The insights into life offered by the Torah exist as much in the minor details as in the major plot lines. The opening chapters of the Book of Leviticus are a case in point. The details regarding sacrificial offerings seem an unlikely source of enlightenment. But as is often the case, grand lessons emerge from seemingly trivial sources.
Every meal offering brought to the altar must not include leaven (Leviticus 2:11). Dr. Joseph H. Hertz explains that leaven was regarded as a symbol of corruption. Leavening is a process of fermentation. Sin, the rabbis imagined, was a process of moral fermentation. The rising of the dough might be compared to the bloating of the ego. And those who have an inflated sense of self are often on the road to sin. Hence, the only offering suitable for a sacrificial offering is the unfermented kind. Unleavened bread is the ideal. It represents the pure and incorruptible. Leavened bread is flawed and undesirable.
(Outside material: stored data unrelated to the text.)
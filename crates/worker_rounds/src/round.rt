//! A round of workers.

ghost use Rattle.std.specs.Prelude.{◌≡◌, ◌<◌, true, IfOk, OnOk};
ghost use Rattle.shared_book.specs.History.{HasFrozen};
ghost use Rattle.place_laws.specs.Choosing.{AreSorted, HasEach};
ghost use Rattle.presolve_model.specs.Ledger.{Stands};
ghost use Rattle.presolve_model.specs.Tallies.{open_on};
ghost use Rattle.book_turns.specs.Turns.{IsPass};
ghost use Rattle.worker_rounds.specs.Marking.{AreAllLeft};

use crate::done::is_all_done;
use crate::marks::leave_found;
use crate::workers::{has_failed, is_over, worked};
use instances::Version;
use round_marks::around::Around;
use round_marks::watch::Watch;
use round_tasks::tasks_of;
use shared_book::{Pass, SharedBook};
use std::alloc::{AllocError, Global};
use std::sync::Wait;
use std::thread::Threads;
use txn_book::Book;
use worker_gate::Gate;

/// Whether all tasks were done, none was left out, and the book takes more.
fn is_all(is_done: bool, is_whole: bool, is_over: bool) -> bool
    ensures { result ≡ true → (is_done ≡ true) × (is_whole ≡ true) }
{
    is_done && is_whole && !is_over
}

/// A round: workers do its tasks, on a version that this pass froze, at these rows and columns. A part of each instance that they found is
/// marked. Gives whether these are all that were enabled and open, and the book takes more.
///
/// # Errors
/// Memory ran out.
pub fn round<R: Threads + Wait + Sync, G: Gate>(
    rt: &R,
    alloc: Global,
    book: &SharedBook<Book>,
    main: &mut Pass<Book>,
    gate: &G,
    threads: u32,
    version: &Version,
    ids: &Around,
    watch: &mut Watch,
) -> Result<bool, AllocError>
    requires stands { Stands book.now.start }
    requires some { 0 < threads }
    requires pass { IsPass book.now main.old }
    requires frozen { HasFrozen main.old version.now }
    requires sorted { AreSorted ids.now }
    requires each { HasEach (open_on version.now.tally) version.now.problem ids.now }
    ensures same { main.new ≡ main.old }
    ensures forms { OnOk result (watch.new.forms ≡ watch.old.forms) }
    ensures asleep { OnOk result (watch.new.marks.asleep ≡ watch.old.marks.asleep) }
    ensures left { IfOk result (λ all. all ≡ true → AreAllLeft version.now watch.new.marks) }
{
    let tasks = tasks_of(alloc, version, ids)?;
    let workers = worked(rt, alloc, book, main, gate, threads, version, tasks.tasks())?;
    if has_failed(workers.as_slice()) {
        return Err(AllocError);
    }
    leave_found(watch, workers.as_slice())?;
    let is_done = is_all_done(alloc, tasks.tasks().len(), workers.as_slice())?;
    let is_over = is_over(workers.as_slice());
    Ok(is_all(is_done, tasks.is_whole(), is_over))
}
Rabbi Samson Raphael Hirsch takes the opposite view. To Hirsch, the unleavened loaves symbolize Israel’s political dependence. Unleavened bread, known as matzah, was the food of slaves. In Egypt, the Israelites lacked the luxury of time to allow their dough to rise. Hence, they ate unleavened bread. Having reached freedom, Israelites could now enjoy real bread, leavened bread. But, surprisingly, and perhaps to their chagrin, the Israelites were now commanded to bring the bread of slaves to the altar rather than the bread of free men. Hirsch argues that the lesson included in this rule is that the Israelites are not free of servitude. Rather, they have exchanged the brutal servitude of Pharaoh to the benign servitude of God. The unleavened loaves brought to the altar are a perpetual reminder to the Israelites that while saved from an earthly master, they are indebted to a heavenly master.
From Hertz’s perspective, the meal offering is an object lesson in living purely and sinlessly. From Hirsch’s perspective, the meal offering is a reminder to live in service to God. The perspectives are different but equally plausible and inspiring. And both emerge from a seemingly insignificant scriptural source.